Audit finds security improved at Oregon’s data center, but it still needs work
An audit published this week by the Oregon secretary of state found the state government’s data center has improved considerably on its cybersecurity practices, which had long been criticized by oversight officials. The center, managed by the Enterprise Technology Services division of the office of the chief information officer, is responsible for more than 100 of the state government’s critical systems, including state employee email, residents’ income tax returns, motor-vehicle records and files kept by dozens of state agencies.
“We acknowledge and commend the progress made to help secure the state’s computing environment,” Oregon Secretary of State Dennis Richardson said in a press release. “But since the work to secure Oregon’s data systems is never done, more improvements are needed.”
The last comprehensive audit of the data center, in 2015, faulted ETS for numerous security weaknesses that put confidential information of state workers and residents at high risk of breaches or cyberattacks. That report found that the data center, which opened in 2008, was running on obsolete network equipment with out-of-date operating systems and did not maintain complete inventories of its authorized device configurations, protocols designed to raise firewalls around computing systems or update security settings.
Auditors also revealed that while day-to-day functions at the data center were typically stable, it had never fully tested itself for how it would recover from a natural or manmade disaster. A subsequent audit of governmentwide cybersecurity functions in 2016 showed that the CIO’s office, then occupied by Alex Pettit, was ill-equipped to handle the state’s cybersecurity needs because it did not effectively collaborate with other bureaus. An executive order signed by Gov. Kate Brown mandated the consolidation of cybersecurity functions under the CIO’s office. (Pettit resigned in April and moved to a role in Richardson’s office; Terrence Woods now serves as interim CIO.)
The audit released Thursday reports that the CIO’s office has made a few strides in improving the data center’s security position, while still lagging in other areas. The facility is commended for hiring more specialized cybersecurity staff to conduct regular vulnerability scans and monitor for network intrusions, as well as manage the installation of patches and other updates to the state’s Windows servers. The 2015 audit found, but did not publicly disclose that the data center was not conducting vulnerability scans at all.

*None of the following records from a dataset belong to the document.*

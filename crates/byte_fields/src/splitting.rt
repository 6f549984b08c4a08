//! The same fields, split off the front of some bytes: a value, and the bytes behind it. None where no
//! such field stands there.
ghost use Rattle.std.specs.Prelude.{◌≡◌, length, IfSome};
ghost use Rattle.byte_fields.specs.Fields.{Gives, bytes_at, u8_at, u16_at, u32_at, u64_at};

use psb_bytes::Cursor;

/// So many bytes.
#[tactic(auto, unfolding(crate::specs::Fields::bytes_at))]
pub fn split_bytes(bytes: &[u8], n: usize) -> Option<(&[u8], &[u8])>
    ensures len { IfSome result (λ x. length x.0.now ≡ n) }
    ensures exact { Gives (λ x. (x.0.now, x.1.now)) result (bytes_at n bytes.now) }
{
    let mut fields = Cursor::new(bytes);
    match fields.take_slice(n) {
        Ok(front) => Some((front, fields.rest())),
        Err(_) => None,
    }
}

/// A number of one byte.
#[tactic(auto, unfolding(crate::specs::Fields::u8_at))]
pub fn split_u8(bytes: &[u8]) -> Option<(u8, &[u8])>
    ensures { Gives (λ x. (x.0, x.1.now)) result (u8_at bytes.now) }
{
    let mut fields = Cursor::new(bytes);
    match fields.take_u8() {
        Ok(number) => Some((number, fields.rest())),
        Err(_) => None,
    }
}

/// A number of two bytes.
#[tactic(auto, unfolding(crate::specs::Fields::u16_at, crate::specs::Fields::bytes_at))]
pub fn split_u16(bytes: &[u8]) -> Option<(u16, &[u8])>
    ensures { Gives (λ x. (x.0, x.1.now)) result (u16_at bytes.now) }
{
    let mut fields = Cursor::new(bytes);
    match fields.take_u16() {
        Ok(number) => Some((number, fields.rest())),
        Err(_) => None,
    }
}

/// A number of four bytes.
#[tactic(auto, unfolding(crate::specs::Fields::u32_at, crate::specs::Fields::bytes_at))]
pub fn split_u32(bytes: &[u8]) -> Option<(u32, &[u8])>
    ensures { Gives (λ x. (x.0, x.1.now)) result (u32_at bytes.now) }
{
    let mut fields = Cursor::new(bytes);
    match fields.take_u32() {
        Ok(number) => Some((number, fields.rest())),
        Err(_) => None,
    }
}

/// A number of eight bytes.
#[tactic(auto, unfolding(crate::specs::Fields::u64_at, crate::specs::Fields::bytes_at))]
pub fn split_u64(bytes: &[u8]) -> Option<(u64, &[u8])>
    ensures { Gives (λ x. (x.0, x.1.now)) result (u64_at bytes.now) }
{
    let mut fields = Cursor::new(bytes);
    match fields.take_u64() {
        Ok(number) => Some((number, fields.rest())),
        Err(_) => None,
    }
}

While scans are conducted now, the data center still falls short on other things like incident response and the delegation of security work, the new audit continues.
“In other areas, roles are less clear or have not been sufficiently assigned,” the report states. “For example, roles should be better clarified for security incident response and for review and monitoring of privileged access membership and activities. In addition, overall information security responsibilities at the data center are not clearly defined.”

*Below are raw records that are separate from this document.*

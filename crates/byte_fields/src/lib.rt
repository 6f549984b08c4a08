//! The fields that frames and records have alike, read in turn. Numbers stand high byte first. No call takes
//! memory. Where no such field stands, the bytes are left at some place behind it.
#![tactic(auto)]

ghost use Rattle.byte_fields.specs.Fields.{Takes, u8_at, u16_at, u32_at, u64_at, digest_at, object_at};

mod splitting;

use psb_bytes::{Cursor, Digest, Object, Short};
pub use splitting::{split_bytes, split_u8, split_u16, split_u32, split_u64};
use thiserror::Error;

/// The bytes begin with no such field.
#[derive(Clone, Copy, PartialEq, Eq, Debug, Error)]
#[error("no such field stands here")]
pub struct NoField;

impl From<Short> for NoField {
    fn from(_error: Short) -> NoField {
        NoField
    }
}

/// A number of one byte.
#[tactic(auto, unfolding(crate::specs::Fields::u8_at))]
pub fn take_u8(fields: &mut Cursor<'_>) -> Result<u8, NoField>
    ensures { Takes result fields.new (u8_at fields.old) }
{
    Ok(fields.take_u8()?)
}

/// A number of two bytes.
#[tactic(auto, unfolding(crate::specs::Fields::u16_at, crate::specs::Fields::bytes_at))]
pub fn take_u16(fields: &mut Cursor<'_>) -> Result<u16, NoField>
    ensures { Takes result fields.new (u16_at fields.old) }
{
    Ok(fields.take_u16()?)
}

/// A number of four bytes.
#[tactic(auto, unfolding(crate::specs::Fields::u32_at, crate::specs::Fields::bytes_at))]
pub fn take_u32(fields: &mut Cursor<'_>) -> Result<u32, NoField>
    ensures { Takes result fields.new (u32_at fields.old) }
{
    Ok(fields.take_u32()?)
}

/// A number of eight bytes.
#[tactic(auto, unfolding(crate::specs::Fields::u64_at, crate::specs::Fields::bytes_at))]
pub fn take_u64(fields: &mut Cursor<'_>) -> Result<u64, NoField>
    ensures { Takes result fields.new (u64_at fields.old) }
{
    Ok(fields.take_u64()?)
}

/// A digest of 32 bytes.
#[tactic(auto, unfolding(crate::specs::Fields::digest_at, crate::specs::Fields::bytes_at))]
pub fn take_digest(fields: &mut Cursor<'_>) -> Result<Digest, NoField>
    ensures { Takes result fields.new (digest_at fields.old) }
{
    Ok(fields.take_digest()?)
}

/// An object: 0 and a name, or 1 and a slot.
#[tactic(auto, unfolding(crate::specs::Fields::object_at, crate::specs::Fields::object_by, crate::specs::Fields::digest_at))]
pub fn take_object(fields: &mut Cursor<'_>) -> Result<Object, NoField>
    ensures { Takes result fields.new (object_at fields.old) }
{
    match take_u8(fields)? {
        0 => Ok(Object::Chunk(take_digest(fields)?)),
        1 => Ok(Object::Slot(take_u32(fields)?)),
        _ => Err(NoField),
    }
}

Record-keeping continues to be a problem for Oregon, too. When auditors asked the Enterprise Security Office for details about how many network alerts were tallied, they were given rough guesses.
“Staff could not provide actual numbers for the number of offenses and alerts received from the system because they are not adequately tracking activities associated with monitoring and reporting potential problems,” the audit reports. “In addition, analysts change rules periodically to eliminate or reduce false positives and improve the system’s pattern recognition abilities. However, there are no formal processes followed to ensure only needed changes are made or that changes are effective.”
The audit also finds that the data center has not implemented regular reviews of users with privileged, high-level access to state computer systems.
But one spot where the data center has made great leaps is in the age of its equipment. About 80 percent of its server and network assets is now less than five years old; in 2015, only 43 percent of the center’s equipment was that young. The data center has also phased out devices that run on unsupported operating systems.
The audit concludes with 11 recommendations, starting with a clarification of security roles and developing accurate metrics for incident monitoring. Auditors also suggest the data center’s managers review the list of privileged users and monitor their actions, which is required by a statewide security plan. It also recommends the state legislature appropriate more funds for the replacement of antiquated equipment and outdated software.